◆ **What you have to do**:
Which lines of the data contain the string "kind"? Copy every one of them.

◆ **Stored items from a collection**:
------------------------------

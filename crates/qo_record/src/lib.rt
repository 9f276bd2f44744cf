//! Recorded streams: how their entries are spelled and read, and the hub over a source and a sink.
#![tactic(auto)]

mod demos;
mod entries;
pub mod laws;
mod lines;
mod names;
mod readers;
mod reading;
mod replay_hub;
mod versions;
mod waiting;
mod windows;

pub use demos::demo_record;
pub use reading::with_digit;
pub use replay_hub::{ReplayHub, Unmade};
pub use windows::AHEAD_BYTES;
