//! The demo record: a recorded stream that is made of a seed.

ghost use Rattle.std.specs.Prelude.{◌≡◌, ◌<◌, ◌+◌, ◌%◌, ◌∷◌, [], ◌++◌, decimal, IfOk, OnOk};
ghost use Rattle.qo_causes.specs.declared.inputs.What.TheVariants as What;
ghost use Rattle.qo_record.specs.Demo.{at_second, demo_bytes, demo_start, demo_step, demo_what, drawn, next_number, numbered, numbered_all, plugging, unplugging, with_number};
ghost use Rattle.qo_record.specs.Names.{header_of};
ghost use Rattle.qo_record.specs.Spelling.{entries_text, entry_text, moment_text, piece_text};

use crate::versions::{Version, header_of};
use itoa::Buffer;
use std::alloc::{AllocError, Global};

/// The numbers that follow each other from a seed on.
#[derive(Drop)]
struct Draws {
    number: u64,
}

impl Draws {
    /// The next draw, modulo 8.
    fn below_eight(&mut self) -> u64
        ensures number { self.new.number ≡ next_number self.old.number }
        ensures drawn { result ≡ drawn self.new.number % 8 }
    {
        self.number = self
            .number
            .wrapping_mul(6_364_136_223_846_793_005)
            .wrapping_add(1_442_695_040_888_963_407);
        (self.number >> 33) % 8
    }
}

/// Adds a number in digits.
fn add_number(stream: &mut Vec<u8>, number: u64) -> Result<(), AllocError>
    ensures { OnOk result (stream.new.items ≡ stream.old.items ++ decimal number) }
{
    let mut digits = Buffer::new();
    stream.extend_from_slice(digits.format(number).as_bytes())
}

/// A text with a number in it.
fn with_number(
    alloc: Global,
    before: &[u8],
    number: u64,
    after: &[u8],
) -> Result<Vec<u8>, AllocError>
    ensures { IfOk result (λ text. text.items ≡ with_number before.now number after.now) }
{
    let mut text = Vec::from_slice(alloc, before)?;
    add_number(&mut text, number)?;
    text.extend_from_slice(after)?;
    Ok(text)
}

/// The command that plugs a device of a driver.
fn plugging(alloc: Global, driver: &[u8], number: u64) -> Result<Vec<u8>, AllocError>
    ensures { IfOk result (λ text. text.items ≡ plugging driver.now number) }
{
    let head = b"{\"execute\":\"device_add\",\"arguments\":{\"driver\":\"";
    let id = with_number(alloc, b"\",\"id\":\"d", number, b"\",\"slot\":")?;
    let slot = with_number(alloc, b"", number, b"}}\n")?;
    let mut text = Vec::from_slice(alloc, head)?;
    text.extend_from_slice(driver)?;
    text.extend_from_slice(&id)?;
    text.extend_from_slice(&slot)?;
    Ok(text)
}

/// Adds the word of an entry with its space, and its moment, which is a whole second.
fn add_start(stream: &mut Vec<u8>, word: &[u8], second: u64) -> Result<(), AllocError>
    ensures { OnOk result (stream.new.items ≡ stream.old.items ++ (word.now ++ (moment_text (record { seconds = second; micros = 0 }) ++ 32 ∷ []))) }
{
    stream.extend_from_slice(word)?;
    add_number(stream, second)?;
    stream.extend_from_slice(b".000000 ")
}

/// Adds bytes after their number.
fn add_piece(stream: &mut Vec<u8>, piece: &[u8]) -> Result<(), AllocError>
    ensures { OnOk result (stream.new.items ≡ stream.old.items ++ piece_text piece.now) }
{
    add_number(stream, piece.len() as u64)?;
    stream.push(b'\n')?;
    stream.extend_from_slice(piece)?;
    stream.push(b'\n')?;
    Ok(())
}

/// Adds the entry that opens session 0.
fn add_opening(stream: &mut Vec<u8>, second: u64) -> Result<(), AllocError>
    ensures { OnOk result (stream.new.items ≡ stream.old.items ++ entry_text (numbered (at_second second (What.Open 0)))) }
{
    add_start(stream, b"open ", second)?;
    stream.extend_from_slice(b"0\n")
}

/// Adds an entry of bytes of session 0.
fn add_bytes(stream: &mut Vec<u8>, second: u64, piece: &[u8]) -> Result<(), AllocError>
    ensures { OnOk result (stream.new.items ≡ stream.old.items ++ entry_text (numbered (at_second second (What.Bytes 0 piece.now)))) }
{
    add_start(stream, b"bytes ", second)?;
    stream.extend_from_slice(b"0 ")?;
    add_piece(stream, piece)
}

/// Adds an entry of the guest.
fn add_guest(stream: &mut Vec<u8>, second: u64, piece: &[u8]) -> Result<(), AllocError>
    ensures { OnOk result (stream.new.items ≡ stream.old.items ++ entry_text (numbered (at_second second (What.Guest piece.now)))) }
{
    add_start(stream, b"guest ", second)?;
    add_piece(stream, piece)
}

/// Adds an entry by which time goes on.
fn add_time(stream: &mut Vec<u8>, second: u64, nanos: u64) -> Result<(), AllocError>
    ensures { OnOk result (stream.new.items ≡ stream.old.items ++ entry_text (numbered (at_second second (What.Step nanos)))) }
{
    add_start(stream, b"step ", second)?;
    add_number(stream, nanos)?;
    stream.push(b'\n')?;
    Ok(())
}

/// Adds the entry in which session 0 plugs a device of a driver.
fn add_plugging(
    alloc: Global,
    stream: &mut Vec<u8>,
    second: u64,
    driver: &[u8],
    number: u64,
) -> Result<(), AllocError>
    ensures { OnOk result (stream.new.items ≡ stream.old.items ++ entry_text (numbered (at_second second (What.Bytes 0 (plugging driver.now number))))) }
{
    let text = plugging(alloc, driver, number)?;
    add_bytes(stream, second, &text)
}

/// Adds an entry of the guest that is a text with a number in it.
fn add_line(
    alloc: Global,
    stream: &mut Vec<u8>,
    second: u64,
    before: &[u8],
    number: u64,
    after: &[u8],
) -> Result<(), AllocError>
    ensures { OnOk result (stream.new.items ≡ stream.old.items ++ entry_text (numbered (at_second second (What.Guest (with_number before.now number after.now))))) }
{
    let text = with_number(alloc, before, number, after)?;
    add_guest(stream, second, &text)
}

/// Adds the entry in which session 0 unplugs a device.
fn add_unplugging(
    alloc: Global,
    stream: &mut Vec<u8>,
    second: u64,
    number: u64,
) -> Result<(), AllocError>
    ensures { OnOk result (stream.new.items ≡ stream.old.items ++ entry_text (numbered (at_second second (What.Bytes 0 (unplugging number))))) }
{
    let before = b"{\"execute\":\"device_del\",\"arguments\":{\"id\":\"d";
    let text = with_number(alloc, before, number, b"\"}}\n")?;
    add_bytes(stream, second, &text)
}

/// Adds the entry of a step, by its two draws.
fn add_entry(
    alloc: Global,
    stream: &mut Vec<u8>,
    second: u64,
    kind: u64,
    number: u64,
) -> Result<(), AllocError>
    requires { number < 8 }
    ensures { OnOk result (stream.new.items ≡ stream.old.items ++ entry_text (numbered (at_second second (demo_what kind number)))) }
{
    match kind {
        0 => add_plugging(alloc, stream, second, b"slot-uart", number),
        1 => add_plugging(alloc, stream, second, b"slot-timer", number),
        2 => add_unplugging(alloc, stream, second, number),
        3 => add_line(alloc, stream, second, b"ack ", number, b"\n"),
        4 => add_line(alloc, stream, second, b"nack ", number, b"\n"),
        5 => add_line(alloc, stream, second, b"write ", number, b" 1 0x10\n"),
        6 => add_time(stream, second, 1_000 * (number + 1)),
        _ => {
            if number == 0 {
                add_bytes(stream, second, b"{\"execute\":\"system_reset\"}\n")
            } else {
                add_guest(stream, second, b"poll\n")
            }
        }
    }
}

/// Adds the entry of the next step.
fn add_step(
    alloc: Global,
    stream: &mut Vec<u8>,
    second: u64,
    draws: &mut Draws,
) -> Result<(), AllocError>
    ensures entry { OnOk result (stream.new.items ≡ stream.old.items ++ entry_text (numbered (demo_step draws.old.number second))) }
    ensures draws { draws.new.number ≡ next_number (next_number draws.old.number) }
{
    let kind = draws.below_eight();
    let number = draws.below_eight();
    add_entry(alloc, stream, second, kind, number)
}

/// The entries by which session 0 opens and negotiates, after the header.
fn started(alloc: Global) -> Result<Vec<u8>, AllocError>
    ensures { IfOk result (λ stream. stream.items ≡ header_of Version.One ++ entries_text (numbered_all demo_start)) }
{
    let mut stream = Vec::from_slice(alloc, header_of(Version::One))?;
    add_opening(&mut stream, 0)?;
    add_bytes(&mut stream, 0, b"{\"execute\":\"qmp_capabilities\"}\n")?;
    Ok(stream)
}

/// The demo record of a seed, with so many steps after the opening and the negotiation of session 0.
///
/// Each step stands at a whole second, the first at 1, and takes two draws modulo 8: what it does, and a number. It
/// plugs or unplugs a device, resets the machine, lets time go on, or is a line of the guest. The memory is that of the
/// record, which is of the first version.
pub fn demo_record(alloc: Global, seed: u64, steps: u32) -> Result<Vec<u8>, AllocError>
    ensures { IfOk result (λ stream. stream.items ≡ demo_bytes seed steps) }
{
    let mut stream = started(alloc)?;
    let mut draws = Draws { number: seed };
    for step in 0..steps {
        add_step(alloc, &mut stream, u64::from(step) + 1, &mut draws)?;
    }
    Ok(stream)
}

------------------------------

◆ **Answer to the problem**:
    kind: u64,
    ensures { OnOk result (stream.new.items ≡ stream.old.items ++ entry_text (numbered (at_second second (demo_what kind number)))) }
    match kind {
    let kind = draws.below_eight();
    add_entry(alloc, stream, second, kind, number)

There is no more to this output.